En fait, le personnage le plus important, le plus empathique, ce sera Eldon Reese, le vieux rancher qui a pris Horace sous son aile, qui sera ce qui se rapprochera le plus du père pour Horace et qui n’a pas réussi à le retenir parce que le gamin se sent indigne de son amour.

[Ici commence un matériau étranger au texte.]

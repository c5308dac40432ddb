//! Quadratic forms.

ghost use Rattle.std.specs.Prelude.{◌≡◌, ◌≤◌, ◌^◌, ℤ, List, length};
ghost use Rattle.std.specs.List.{All};
ghost use Rattle.lt_model.specs.Forms as form;
ghost use Rattle.lt_model.specs.Forms.{numbers_of_form};
ghost use Rattle.lt_lattice.specs.Ranges.{IsWithin, IsBelow, IsFormLength};

use crate::numbers::{collected, inner_product, variables};
use crate::points::Point;
use arrayvec::ArrayVec;
use std::marker::Model;

/// A quadratic form in 2 to 6 variables: the `d (d + 1) / 2` numbers `a_11 a_12 .. a_1d a_22 .. a_dd`,
/// each below 2^92 in absolute value. Its value at x is the sum of the `a_ij x_i x_j`.
#[derive(Drop, PartialEq, Eq, PartialOrd, Ord)]
pub struct Form {
    numbers: ArrayVec<i128, 21>,
}

impl Model for Form {
    ghost Value = { List ℤ };

    ghost view = { λ q. q.numbers.items };

    ghost invariant = { λ q. IsFormLength (length q.numbers.items) × All (IsBelow (2 ^ 92)) q.numbers.items };

    ghost inverse = { λ x. record { numbers = record { items = x } } };
}

impl Form {
    /// The form in `d` variables with these `d (d + 1) / 2` numbers `a_11 a_12 .. a_1d a_22 .. a_dd`,
    /// each below 2^92 in absolute value.
    pub fn of(d: u8, numbers: &[i128]) -> Form
        requires low { 2 ≤ d }
        requires high { d ≤ 6 }
        requires count { length numbers.now ≡ numbers_of_form d }
        requires below { All (IsBelow (2 ^ 92)) numbers.now }
        ensures { result ≡ numbers.now }
    {
        Form {
            numbers: collected(numbers),
        }
    }

    /// The same form.
    pub fn copy(&self) -> Form
        ensures { result ≡ self.now }
    {
        Form::of(self.dimension(), self.numbers())
    }

    /// The numbers `a_11 a_12 .. a_1d a_22 .. a_dd`.
    pub fn numbers(&self) -> &[i128]
        ensures value { result.now ≡ self.now }
        ensures few { length self.now ≤ 21 }
        ensures below { All (IsBelow (2 ^ 92)) self.now }
    {
        self.numbers.as_slice()
    }

    /// The number of variables.
    pub fn dimension(&self) -> u8
        ensures value { length self.now ≡ numbers_of_form result }
        ensures low { 2 ≤ result }
        ensures high { result ≤ 6 }
    {
        variables(self.numbers.len())
    }
}

impl Default for Form {
    /// The form 0 in 2 variables.
    fn default() -> Self {
        Form::of(2, &[0, 0, 0])
    }
}

/// The products `x_i x_j` with `i <= j`, in the order of a form's numbers.
fn products(x: &[i32]) -> ArrayVec<i128, 21>
    requires few { length x.now ≤ 6 }
    requires within { All (IsWithin (2 ^ 20)) x.now }
    ensures { result.items ≡ form.squares x.now }
{
    let mut all: ArrayVec<i128, 21> = ArrayVec::new();
    for i in 0..x.len() {
        for j in i..x.len() {
            all.push(x[i] as i128 * x[j] as i128);
        }
    }
    all
}

/// The products `x_i x_j` with `i <= j` of the coordinates, in the order of a form's numbers.
pub fn squares(x: &Point) -> ArrayVec<i128, 21>
    ensures { result.items ≡ form.squares x.now }
{
    products(x.coords())
}

/// The value Q[x] of the form at the point. Each number of the form is below 2^80 in absolute value.
pub fn value(q: &Form, x: &Point) -> i128
    requires same { length q.now ≡ numbers_of_form (length x.now) }
    requires below { All (IsBelow (2 ^ 80)) q.now }
    ensures { result ≡ form.value q.now x.now }
{
    inner_product(q.numbers(), products(x.coords()).as_slice())
}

Horace, t’es con, tu sais !

Un roman sombre que la quête d’identité, sur la non acceptance de ce que l’on est, le refus de ses origines ancestrales et la volonté de prouver que l’on peut devenir quelqu’un, quelque soit le prix à payer.

C’est le combat de Horace contre ses démons intérieurs, contre ses origines, contre le monde entier, ce sont les coups qu’il a encaissé durant toute sa courte vie (il n’a que 21 ans) et la possibilité qu’il a de les rendre, même si ce n’est pas aux bonnes personnes puisqu’il est sur un ring et que ce n’est pas la vraie vie, ce qu’il se passe dessus.

C’est l’histoire éternelle d’une personne qui ne se sentait pas digne de recevoir l’amour des gens qui l’avaient recueilli, d’un jeune homme qui n’avait pas compris tout ce qu’il avait déjà accompli, qu’il pouvait être fier de son parcours, qu’il était devenu quelqu’un, même s’il ne le savait pas, même s’il ne voulait pas l’entendre.

La dernière phrase est terrible et elle m’a cassée en deux…

Challenge Thrillers et Polars de Sharon (du 12 Juillet 2021 au 11 Juillet 2022) [Lecture N°66].